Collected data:
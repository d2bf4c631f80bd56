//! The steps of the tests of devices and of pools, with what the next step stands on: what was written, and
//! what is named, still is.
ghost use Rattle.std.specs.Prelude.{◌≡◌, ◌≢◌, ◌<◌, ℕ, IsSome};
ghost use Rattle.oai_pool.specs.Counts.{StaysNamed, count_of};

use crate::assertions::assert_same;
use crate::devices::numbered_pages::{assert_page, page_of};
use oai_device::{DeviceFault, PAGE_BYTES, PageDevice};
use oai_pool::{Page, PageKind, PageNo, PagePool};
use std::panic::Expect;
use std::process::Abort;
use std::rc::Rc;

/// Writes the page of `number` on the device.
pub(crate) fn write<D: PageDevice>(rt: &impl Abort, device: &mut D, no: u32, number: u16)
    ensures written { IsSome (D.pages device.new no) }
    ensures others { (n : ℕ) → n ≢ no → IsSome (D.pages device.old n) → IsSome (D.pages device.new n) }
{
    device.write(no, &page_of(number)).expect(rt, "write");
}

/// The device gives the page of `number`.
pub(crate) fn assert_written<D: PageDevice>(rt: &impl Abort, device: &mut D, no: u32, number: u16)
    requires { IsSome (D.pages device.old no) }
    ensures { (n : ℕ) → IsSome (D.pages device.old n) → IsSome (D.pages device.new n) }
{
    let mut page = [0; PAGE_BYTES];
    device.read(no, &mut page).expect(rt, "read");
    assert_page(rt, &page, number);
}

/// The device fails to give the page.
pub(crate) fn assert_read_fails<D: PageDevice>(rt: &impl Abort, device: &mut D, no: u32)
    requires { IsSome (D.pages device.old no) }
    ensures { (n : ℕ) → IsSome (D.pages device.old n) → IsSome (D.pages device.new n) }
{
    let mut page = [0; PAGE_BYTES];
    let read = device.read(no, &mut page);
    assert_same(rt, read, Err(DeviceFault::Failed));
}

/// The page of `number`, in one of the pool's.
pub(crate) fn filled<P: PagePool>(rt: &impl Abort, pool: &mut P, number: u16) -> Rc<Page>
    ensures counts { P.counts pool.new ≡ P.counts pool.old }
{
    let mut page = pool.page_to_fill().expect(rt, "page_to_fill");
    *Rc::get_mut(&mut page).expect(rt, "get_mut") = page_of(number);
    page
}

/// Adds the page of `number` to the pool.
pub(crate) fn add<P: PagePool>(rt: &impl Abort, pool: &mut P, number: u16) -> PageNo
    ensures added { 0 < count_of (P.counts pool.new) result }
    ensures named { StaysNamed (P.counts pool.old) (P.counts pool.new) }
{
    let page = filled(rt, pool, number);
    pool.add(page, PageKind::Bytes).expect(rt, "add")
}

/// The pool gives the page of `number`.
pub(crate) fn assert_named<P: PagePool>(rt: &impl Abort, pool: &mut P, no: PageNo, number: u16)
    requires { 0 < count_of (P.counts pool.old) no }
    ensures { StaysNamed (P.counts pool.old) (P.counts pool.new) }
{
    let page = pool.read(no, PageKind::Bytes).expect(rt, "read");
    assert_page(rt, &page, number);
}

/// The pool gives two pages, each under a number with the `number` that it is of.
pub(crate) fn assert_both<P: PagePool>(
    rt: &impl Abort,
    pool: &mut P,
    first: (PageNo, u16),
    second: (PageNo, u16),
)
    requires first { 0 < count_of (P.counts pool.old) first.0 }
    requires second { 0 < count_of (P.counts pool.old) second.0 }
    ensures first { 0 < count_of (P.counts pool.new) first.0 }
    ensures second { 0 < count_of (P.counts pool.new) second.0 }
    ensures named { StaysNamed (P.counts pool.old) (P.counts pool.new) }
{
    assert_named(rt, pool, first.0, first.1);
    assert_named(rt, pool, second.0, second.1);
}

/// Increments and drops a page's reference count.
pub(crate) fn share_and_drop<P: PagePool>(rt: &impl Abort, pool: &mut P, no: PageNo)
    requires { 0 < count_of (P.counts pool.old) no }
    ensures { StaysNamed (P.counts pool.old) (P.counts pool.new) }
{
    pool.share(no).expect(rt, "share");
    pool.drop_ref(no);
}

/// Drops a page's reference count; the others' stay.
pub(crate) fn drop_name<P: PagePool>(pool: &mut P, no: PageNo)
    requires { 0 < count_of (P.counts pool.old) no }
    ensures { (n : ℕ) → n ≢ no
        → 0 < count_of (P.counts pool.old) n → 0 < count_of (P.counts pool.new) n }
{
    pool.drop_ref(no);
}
* * *
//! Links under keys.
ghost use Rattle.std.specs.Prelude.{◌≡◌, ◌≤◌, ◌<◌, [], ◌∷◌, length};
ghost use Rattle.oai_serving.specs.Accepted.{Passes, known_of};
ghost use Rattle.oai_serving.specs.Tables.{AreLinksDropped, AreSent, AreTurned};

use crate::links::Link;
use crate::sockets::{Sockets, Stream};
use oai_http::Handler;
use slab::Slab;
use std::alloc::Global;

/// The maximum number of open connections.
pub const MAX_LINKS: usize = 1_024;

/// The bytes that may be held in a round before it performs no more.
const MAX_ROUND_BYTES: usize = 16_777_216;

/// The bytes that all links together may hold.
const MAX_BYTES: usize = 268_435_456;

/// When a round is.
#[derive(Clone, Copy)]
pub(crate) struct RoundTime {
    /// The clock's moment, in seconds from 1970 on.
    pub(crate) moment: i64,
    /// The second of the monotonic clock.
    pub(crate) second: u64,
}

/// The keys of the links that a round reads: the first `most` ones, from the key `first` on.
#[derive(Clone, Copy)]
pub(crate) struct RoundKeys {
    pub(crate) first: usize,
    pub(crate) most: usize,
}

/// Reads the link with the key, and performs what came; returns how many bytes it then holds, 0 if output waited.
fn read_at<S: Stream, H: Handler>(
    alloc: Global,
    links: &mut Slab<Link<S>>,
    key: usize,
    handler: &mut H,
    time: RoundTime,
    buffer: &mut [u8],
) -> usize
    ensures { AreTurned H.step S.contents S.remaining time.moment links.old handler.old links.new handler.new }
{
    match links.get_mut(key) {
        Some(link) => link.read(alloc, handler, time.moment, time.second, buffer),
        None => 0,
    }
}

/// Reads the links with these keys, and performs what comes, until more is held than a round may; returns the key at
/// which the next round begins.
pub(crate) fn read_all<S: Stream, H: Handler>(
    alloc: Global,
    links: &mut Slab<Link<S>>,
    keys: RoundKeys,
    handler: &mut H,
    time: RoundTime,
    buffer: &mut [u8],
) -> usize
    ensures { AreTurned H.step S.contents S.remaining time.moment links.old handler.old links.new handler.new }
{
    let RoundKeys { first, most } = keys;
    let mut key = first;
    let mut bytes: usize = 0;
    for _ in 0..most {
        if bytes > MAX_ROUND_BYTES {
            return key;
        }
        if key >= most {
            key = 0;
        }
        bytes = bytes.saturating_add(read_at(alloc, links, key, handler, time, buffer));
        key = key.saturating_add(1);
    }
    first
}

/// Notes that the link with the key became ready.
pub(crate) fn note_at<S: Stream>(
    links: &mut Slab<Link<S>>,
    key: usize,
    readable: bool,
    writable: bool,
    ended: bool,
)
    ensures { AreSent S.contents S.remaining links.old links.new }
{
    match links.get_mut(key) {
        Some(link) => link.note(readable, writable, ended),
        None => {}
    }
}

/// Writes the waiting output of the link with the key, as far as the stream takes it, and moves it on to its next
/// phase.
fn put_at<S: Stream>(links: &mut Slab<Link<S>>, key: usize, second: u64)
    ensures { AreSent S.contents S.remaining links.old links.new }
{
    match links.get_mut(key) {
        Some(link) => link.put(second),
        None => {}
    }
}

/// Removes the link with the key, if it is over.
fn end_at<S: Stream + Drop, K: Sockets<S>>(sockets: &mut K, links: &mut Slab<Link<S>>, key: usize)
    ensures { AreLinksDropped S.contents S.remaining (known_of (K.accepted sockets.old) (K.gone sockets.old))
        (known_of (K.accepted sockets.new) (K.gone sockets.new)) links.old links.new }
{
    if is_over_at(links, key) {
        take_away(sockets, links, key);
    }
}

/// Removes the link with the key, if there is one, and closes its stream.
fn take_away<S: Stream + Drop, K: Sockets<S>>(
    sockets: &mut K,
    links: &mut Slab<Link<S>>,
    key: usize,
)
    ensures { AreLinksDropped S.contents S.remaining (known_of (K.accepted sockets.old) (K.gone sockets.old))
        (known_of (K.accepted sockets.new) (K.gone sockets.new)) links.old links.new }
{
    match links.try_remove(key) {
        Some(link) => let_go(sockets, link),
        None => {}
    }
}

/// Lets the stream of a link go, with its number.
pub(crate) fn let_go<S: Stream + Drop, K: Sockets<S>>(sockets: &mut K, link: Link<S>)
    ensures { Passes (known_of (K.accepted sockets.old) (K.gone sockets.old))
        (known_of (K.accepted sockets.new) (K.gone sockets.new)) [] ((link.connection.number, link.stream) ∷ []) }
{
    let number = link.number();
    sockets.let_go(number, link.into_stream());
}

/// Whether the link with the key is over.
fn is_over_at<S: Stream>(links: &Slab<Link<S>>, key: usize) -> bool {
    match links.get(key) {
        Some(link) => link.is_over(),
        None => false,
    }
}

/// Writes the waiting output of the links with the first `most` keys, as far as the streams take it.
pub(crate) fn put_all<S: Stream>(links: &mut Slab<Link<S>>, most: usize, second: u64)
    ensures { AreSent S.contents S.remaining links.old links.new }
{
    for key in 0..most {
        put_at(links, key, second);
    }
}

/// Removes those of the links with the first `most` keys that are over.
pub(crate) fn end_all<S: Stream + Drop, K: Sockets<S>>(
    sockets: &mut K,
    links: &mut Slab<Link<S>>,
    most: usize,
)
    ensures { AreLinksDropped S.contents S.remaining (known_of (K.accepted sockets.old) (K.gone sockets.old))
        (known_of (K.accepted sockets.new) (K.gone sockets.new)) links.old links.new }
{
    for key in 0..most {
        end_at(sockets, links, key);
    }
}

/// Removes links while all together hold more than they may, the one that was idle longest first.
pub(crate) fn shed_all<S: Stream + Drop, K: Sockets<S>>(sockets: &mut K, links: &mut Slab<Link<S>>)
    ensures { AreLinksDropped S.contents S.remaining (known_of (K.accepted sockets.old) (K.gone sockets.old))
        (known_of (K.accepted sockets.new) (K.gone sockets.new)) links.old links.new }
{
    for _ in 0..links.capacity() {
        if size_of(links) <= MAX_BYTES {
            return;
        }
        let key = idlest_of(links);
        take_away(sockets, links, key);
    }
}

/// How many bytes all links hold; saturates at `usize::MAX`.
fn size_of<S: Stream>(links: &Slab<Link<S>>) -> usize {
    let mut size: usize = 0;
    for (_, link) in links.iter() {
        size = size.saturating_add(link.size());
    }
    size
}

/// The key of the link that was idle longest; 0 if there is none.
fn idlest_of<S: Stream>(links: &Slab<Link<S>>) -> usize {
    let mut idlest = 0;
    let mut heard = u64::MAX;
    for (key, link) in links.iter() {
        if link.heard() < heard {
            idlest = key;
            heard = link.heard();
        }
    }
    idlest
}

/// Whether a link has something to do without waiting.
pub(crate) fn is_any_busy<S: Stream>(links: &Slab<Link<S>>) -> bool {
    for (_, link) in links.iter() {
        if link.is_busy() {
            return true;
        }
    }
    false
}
* * *
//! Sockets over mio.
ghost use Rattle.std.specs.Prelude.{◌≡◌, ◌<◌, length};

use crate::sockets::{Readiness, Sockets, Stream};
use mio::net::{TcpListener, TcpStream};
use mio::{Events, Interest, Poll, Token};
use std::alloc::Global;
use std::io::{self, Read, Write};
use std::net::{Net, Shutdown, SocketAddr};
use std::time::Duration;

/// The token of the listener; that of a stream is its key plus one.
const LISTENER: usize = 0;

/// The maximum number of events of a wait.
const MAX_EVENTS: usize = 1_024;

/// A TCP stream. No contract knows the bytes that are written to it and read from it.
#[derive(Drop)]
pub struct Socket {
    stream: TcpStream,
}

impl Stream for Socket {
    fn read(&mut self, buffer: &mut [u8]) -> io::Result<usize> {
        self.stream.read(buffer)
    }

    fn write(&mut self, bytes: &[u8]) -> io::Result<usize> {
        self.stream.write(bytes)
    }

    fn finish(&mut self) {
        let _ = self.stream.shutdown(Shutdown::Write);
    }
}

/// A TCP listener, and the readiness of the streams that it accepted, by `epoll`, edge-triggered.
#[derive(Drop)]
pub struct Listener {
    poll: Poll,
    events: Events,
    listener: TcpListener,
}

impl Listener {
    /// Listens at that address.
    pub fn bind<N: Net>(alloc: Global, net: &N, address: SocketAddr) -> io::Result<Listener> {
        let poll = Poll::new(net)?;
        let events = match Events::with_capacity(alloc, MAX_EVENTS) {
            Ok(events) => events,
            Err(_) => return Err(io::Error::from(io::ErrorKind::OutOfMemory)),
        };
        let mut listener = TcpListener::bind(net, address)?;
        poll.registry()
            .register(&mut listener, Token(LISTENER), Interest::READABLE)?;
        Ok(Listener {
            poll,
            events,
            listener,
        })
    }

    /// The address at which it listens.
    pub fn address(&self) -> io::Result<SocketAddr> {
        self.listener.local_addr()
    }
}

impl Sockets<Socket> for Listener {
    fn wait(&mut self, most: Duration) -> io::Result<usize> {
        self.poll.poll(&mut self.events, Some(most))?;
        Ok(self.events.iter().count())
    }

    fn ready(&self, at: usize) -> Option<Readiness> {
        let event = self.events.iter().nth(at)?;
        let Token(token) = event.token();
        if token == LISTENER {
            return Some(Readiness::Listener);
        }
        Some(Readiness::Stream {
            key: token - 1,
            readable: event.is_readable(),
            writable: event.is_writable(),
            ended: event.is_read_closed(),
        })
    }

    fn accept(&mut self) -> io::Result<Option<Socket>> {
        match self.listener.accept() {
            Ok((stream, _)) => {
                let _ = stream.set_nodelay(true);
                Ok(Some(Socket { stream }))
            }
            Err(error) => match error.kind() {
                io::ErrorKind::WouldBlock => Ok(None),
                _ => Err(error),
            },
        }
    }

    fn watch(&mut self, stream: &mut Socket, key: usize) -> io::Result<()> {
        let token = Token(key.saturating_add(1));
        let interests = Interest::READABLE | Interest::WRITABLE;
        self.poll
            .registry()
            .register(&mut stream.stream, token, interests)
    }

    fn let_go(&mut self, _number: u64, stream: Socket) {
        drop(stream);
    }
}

• What to work on:
Of the lines above, output exactly those from the line bearing "repository d2bf4c631f80bd56" through the line bearing "give the page.", inclusive.

• Reply to the exercise:
repository d2bf4c631f80bd56
//! The steps of the tests of devices and of pools, with what the next step stands on: what was written, and
//! what is named, still is.
ghost use Rattle.std.specs.Prelude.{◌≡◌, ◌≢◌, ◌<◌, ℕ, IsSome};
ghost use Rattle.oai_pool.specs.Counts.{StaysNamed, count_of};

use crate::assertions::assert_same;
use crate::devices::numbered_pages::{assert_page, page_of};
use oai_device::{DeviceFault, PAGE_BYTES, PageDevice};
use oai_pool::{Page, PageKind, PageNo, PagePool};
use std::panic::Expect;
use std::process::Abort;
use std::rc::Rc;

/// Writes the page of `number` on the device.
pub(crate) fn write<D: PageDevice>(rt: &impl Abort, device: &mut D, no: u32, number: u16)
    ensures written { IsSome (D.pages device.new no) }
    ensures others { (n : ℕ) → n ≢ no → IsSome (D.pages device.old n) → IsSome (D.pages device.new n) }
{
    device.write(no, &page_of(number)).expect(rt, "write");
}

/// The device gives the page of `number`.
pub(crate) fn assert_written<D: PageDevice>(rt: &impl Abort, device: &mut D, no: u32, number: u16)
    requires { IsSome (D.pages device.old no) }
    ensures { (n : ℕ) → IsSome (D.pages device.old n) → IsSome (D.pages device.new n) }
{
    let mut page = [0; PAGE_BYTES];
    device.read(no, &mut page).expect(rt, "read");
    assert_page(rt, &page, number);
}

/// The device fails to give the page.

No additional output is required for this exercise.